For each line of the listing, output an exact copy.

=======

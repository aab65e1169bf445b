//! What reading calls answer.

ghost use Rattle.std.specs.Prelude.{◌≡◌, IfOk};
ghost use Rattle.std.specs.Option.{option_copied};
ghost use Rattle.sha2.specs.Sha256.{sha256};
ghost use Rattle.cat_model.specs.Answer as answers;
ghost use Rattle.cat_model.specs.Answer.{effective_at, answer_content, answer_contents, answer_entries, answer_history, answer_reference};
ghost use Rattle.cat_state.specs.Giving.{Gives};

use crate::keyed::keyed_contents;
use crate::listing::{entries_part, history_part, references_part};
use crate::turning::{commit_before, needs_until, turned_to};
use cat_model::ask::{Ask, ContentAsk, ContentsAsk, EntriesAsk, HistoryAsk};
use cat_model::copies::copy_content;
use cat_model::reference::{Effective, Position, Reference};
use cat_model::refusal::{Missing, Refusal};
use cat_model::reply::{ContentReply, ContentsReply, Reply};
use cat_names::hash::Hash;
use cat_state::catalogue::Catalogue;
use cat_state::contents::find_content;
use cat_state::failure::Failure;
use std::alloc::{AllocError, Global};

/// The commit as its reference's head, or detached.
pub(crate) fn effective(reference: Option<&Reference>, hash: Hash) -> Result<Effective, AllocError>
    ensures { IfOk result (λ e. e ≡ effective_at (option_copied reference.entry) hash) }
{
    let Some(reference) = reference else {
        return Ok(Effective::Detached(hash));
    };
    Ok(Effective::Named(Reference {
        name: reference.name.clone()?,
        kind: reference.kind,
        head: hash,
    }))
}

#[tactic(auto, unfolding(cat_model::specs::Answer::answer_reference))]
fn reference(catalogue: &Catalogue, at: &Position) -> Result<Reply, Failure>
    ensures { Gives result (answer_reference sha256 catalogue.now at.now) }
{
    let reference = catalogue.perhaps_named(&at.from.name)?;
    let hash = catalogue.positioned(reference, at)?;
    Ok(Reply::Effective(effective(reference, hash)?))
}

#[tactic(auto, unfolding(cat_model::specs::Answer::answer_entries))]
fn entries(alloc: Global, catalogue: &Catalogue, ask: &EntriesAsk) -> Result<Reply, Failure>
    ensures { Gives result (answer_entries sha256 catalogue.now ask.now) }
{
    let reference = catalogue.perhaps_named(&ask.at.from.name)?;
    let asked = catalogue.positioned(reference, &ask.at)?;
    let before = commit_before(&ask.after);
    let hash = turned_to(catalogue, asked, &before)?;
    Ok(Reply::Entries(entries_part(alloc, catalogue, reference, hash, ask)?))
}

#[tactic(auto, unfolding(cat_model::specs::Answer::answer_history))]
fn history(alloc: Global, catalogue: &Catalogue, ask: &HistoryAsk) -> Result<Reply, Failure>
    ensures { Gives result (answer_history sha256 catalogue.now ask.now) }
{
    let reference = catalogue.perhaps_named(&ask.at.from.name)?;
    let asked = catalogue.positioned(reference, &ask.at)?;
    let hash = turned_to(catalogue, asked, &ask.from)?;
    needs_until(catalogue, &hash, &ask.until)?;
    Ok(Reply::History(history_part(alloc, catalogue, &hash, ask)?))
}

#[tactic(auto, unfolding(cat_model::specs::Answer::answer_contents))]
fn contents_of_keys(
    alloc: Global,
    catalogue: &Catalogue,
    ask: &ContentsAsk,
) -> Result<Reply, Failure>
    ensures { Gives result (answer_contents sha256 catalogue.now ask.now) }
{
    let reference = catalogue.perhaps_named(&ask.at.from.name)?;
    let hash = catalogue.positioned(reference, &ask.at)?;
    let map = catalogue.map_at(&hash)?;
    let contents = keyed_contents(alloc, catalogue.contents(), &map, ask.keys.as_slice())?;
    Ok(Reply::Contents(ContentsReply {
        effective: effective(reference, hash)?,
        contents,
    }))
}

#[tactic(auto, unfolding(cat_model::specs::Answer::answer_content))]
fn content(catalogue: &Catalogue, ask: &ContentAsk) -> Result<Reply, Failure>
    ensures { Gives result (answer_content sha256 catalogue.now ask.now) }
{
    let reference = catalogue.perhaps_named(&ask.at.from.name)?;
    let hash = catalogue.positioned(reference, &ask.at)?;
    let Some(entry) = catalogue.map_at(&hash)?.get(&ask.key) else {
        return Err(Failure::Refused(Refusal::ContentNotFound(Missing::Absent)));
    };
    let Some(content) = find_content(catalogue.contents(), &entry.hash) else {
        return Err(Failure::Refused(Refusal::ContentNotFound(Missing::Expired)));
    };
    Ok(Reply::Content(ContentReply {
        effective: effective(reference, hash)?,
        content: copy_content(content)?,
    }))
}

/// Answers a reading call.
pub fn answer(alloc: Global, catalogue: &Catalogue, ask: &Ask) -> Result<Reply, Failure>
    ensures { Gives result (answers.answer sha256 catalogue.now ask.now) }
{
    match ask {
        Ask::Config => Ok(Reply::Config),
        Ask::References(ask) => Ok(Reply::References(references_part(alloc, catalogue, ask)?)),
        Ask::Reference(at) => reference(catalogue, at),
        Ask::Entries(ask) => entries(alloc, catalogue, ask),
        Ask::History(ask) => history(alloc, catalogue, ask),
        Ask::Contents(ask) => contents_of_keys(alloc, catalogue, ask),
        Ask::Content(ask) => content(catalogue, ask),
    }
}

=======

Answer to this exercise —
repository aab65e1169bf445b
//! What reading calls answer.

ghost use Rattle.std.specs.Prelude.{◌≡◌, IfOk};
ghost use Rattle.std.specs.Option.{option_copied};
ghost use Rattle.sha2.specs.Sha256.{sha256};
ghost use Rattle.cat_model.specs.Answer as answers;
ghost use Rattle.cat_model.specs.Answer.{effective_at, answer_content, answer_contents, answer_entries, answer_history, answer_reference};
ghost use Rattle.cat_state.specs.Giving.{Gives};

use crate::keyed::keyed_contents;
use crate::listing::{entries_part, history_part, references_part};
use crate::turning::{commit_before, needs_until, turned_to};
use cat_model::ask::{Ask, ContentAsk, ContentsAsk, EntriesAsk, HistoryAsk};
use cat_model::copies::copy_content;
use cat_model::reference::{Effective, Position, Reference};
use cat_model::refusal::{Missing, Refusal};
use cat_model::reply::{ContentReply, ContentsReply, Reply};
use cat_names::hash::Hash;
use cat_state::catalogue::Catalogue;
use cat_state::contents::find_content;
use cat_state::failure::Failure;
use std::alloc::{AllocError, Global};

/// The commit as its reference's head, or detached.
pub(crate) fn effective(reference: Option<&Reference>, hash: Hash) -> Result<Effective, AllocError>
    ensures { IfOk result (λ e. e ≡ effective_at (option_copied reference.entry) hash) }
{
    let Some(reference) = reference else {
        return Ok(Effective::Detached(hash));
    };
    Ok(Effective::Named(Reference {
        name: reference.name.clone()?,
        kind: reference.kind,
        head: hash,
    }))
}

#[tactic(auto, unfolding(cat_model::specs::Answer::answer_reference))]
fn reference(catalogue: &Catalogue, at: &Position) -> Result<Reply, Failure>
    ensures { Gives result (answer_reference sha256 catalogue.now at.now) }
{
    let reference = catalogue.perhaps_named(&at.from.name)?;
    let hash = catalogue.positioned(reference, at)?;
    Ok(Reply::Effective(effective(reference, hash)?))
}

#[tactic(auto, unfolding(cat_model::specs::Answer::answer_entries))]
fn entries(alloc: Global, catalogue: &Catalogue, ask: &EntriesAsk) -> Result<Reply, Failure>
    ensures { Gives result (answer_entries sha256 catalogue.now ask.now) }
{
    let reference = catalogue.perhaps_named(&ask.at.from.name)?;
    let asked = catalogue.positioned(reference, &ask.at)?;
    let before = commit_before(&ask.after);
    let hash = turned_to(catalogue, asked, &before)?;
    Ok(Reply::Entries(entries_part(alloc, catalogue, reference, hash, ask)?))
}

#[tactic(auto, unfolding(cat_model::specs::Answer::answer_history))]
fn history(alloc: Global, catalogue: &Catalogue, ask: &HistoryAsk) -> Result<Reply, Failure>
    ensures { Gives result (answer_history sha256 catalogue.now ask.now) }
{
    let reference = catalogue.perhaps_named(&ask.at.from.name)?;
    let asked = catalogue.positioned(reference, &ask.at)?;
    let hash = turned_to(catalogue, asked, &ask.from)?;
    needs_until(catalogue, &hash, &ask.until)?;
    Ok(Reply::History(history_part(alloc, catalogue, &hash, ask)?))
}

#[tactic(auto, unfolding(cat_model::specs::Answer::answer_contents))]
fn contents_of_keys(
    alloc: Global,
    catalogue: &Catalogue,
    ask: &ContentsAsk,
) -> Result<Reply, Failure>
    ensures { Gives result (answer_contents sha256 catalogue.now ask.now) }
{
    let reference = catalogue.perhaps_named(&ask.at.from.name)?;
    let hash = catalogue.positioned(reference, &ask.at)?;
    let map = catalogue.map_at(&hash)?;
    let contents = keyed_contents(alloc, catalogue.contents(), &map, ask.keys.as_slice())?;
    Ok(Reply::Contents(ContentsReply {
        effective: effective(reference, hash)?,
        contents,
    }))
}

#[tactic(auto, unfolding(cat_model::specs::Answer::answer_content))]
fn content(catalogue: &Catalogue, ask: &ContentAsk) -> Result<Reply, Failure>
    ensures { Gives result (answer_content sha256 catalogue.now ask.now) }
{
    let reference = catalogue.perhaps_named(&ask.at.from.name)?;
    let hash = catalogue.positioned(reference, &ask.at)?;
    let Some(entry) = catalogue.map_at(&hash)?.get(&ask.key) else {
        return Err(Failure::Refused(Refusal::ContentNotFound(Missing::Absent)));
    };
    let Some(content) = find_content(catalogue.contents(), &entry.hash) else {
        return Err(Failure::Refused(Refusal::ContentNotFound(Missing::Expired)));
    };
    Ok(Reply::Content(ContentReply {
        effective: effective(reference, hash)?,
        content: copy_content(content)?,
    }))
}

/// Answers a reading call.
pub fn answer(alloc: Global, catalogue: &Catalogue, ask: &Ask) -> Result<Reply, Failure>
    ensures { Gives result (answers.answer sha256 catalogue.now ask.now) }
{
    match ask {
        Ask::Config => Ok(Reply::Config),
        Ask::References(ask) => Ok(Reply::References(references_part(alloc, catalogue, ask)?)),
        Ask::Reference(at) => reference(catalogue, at),
        Ask::Entries(ask) => entries(alloc, catalogue, ask),
        Ask::History(ask) => history(alloc, catalogue, ask),
        Ask::Contents(ask) => contents_of_keys(alloc, catalogue, ask),
        Ask::Content(ask) => content(catalogue, ask),
    }
}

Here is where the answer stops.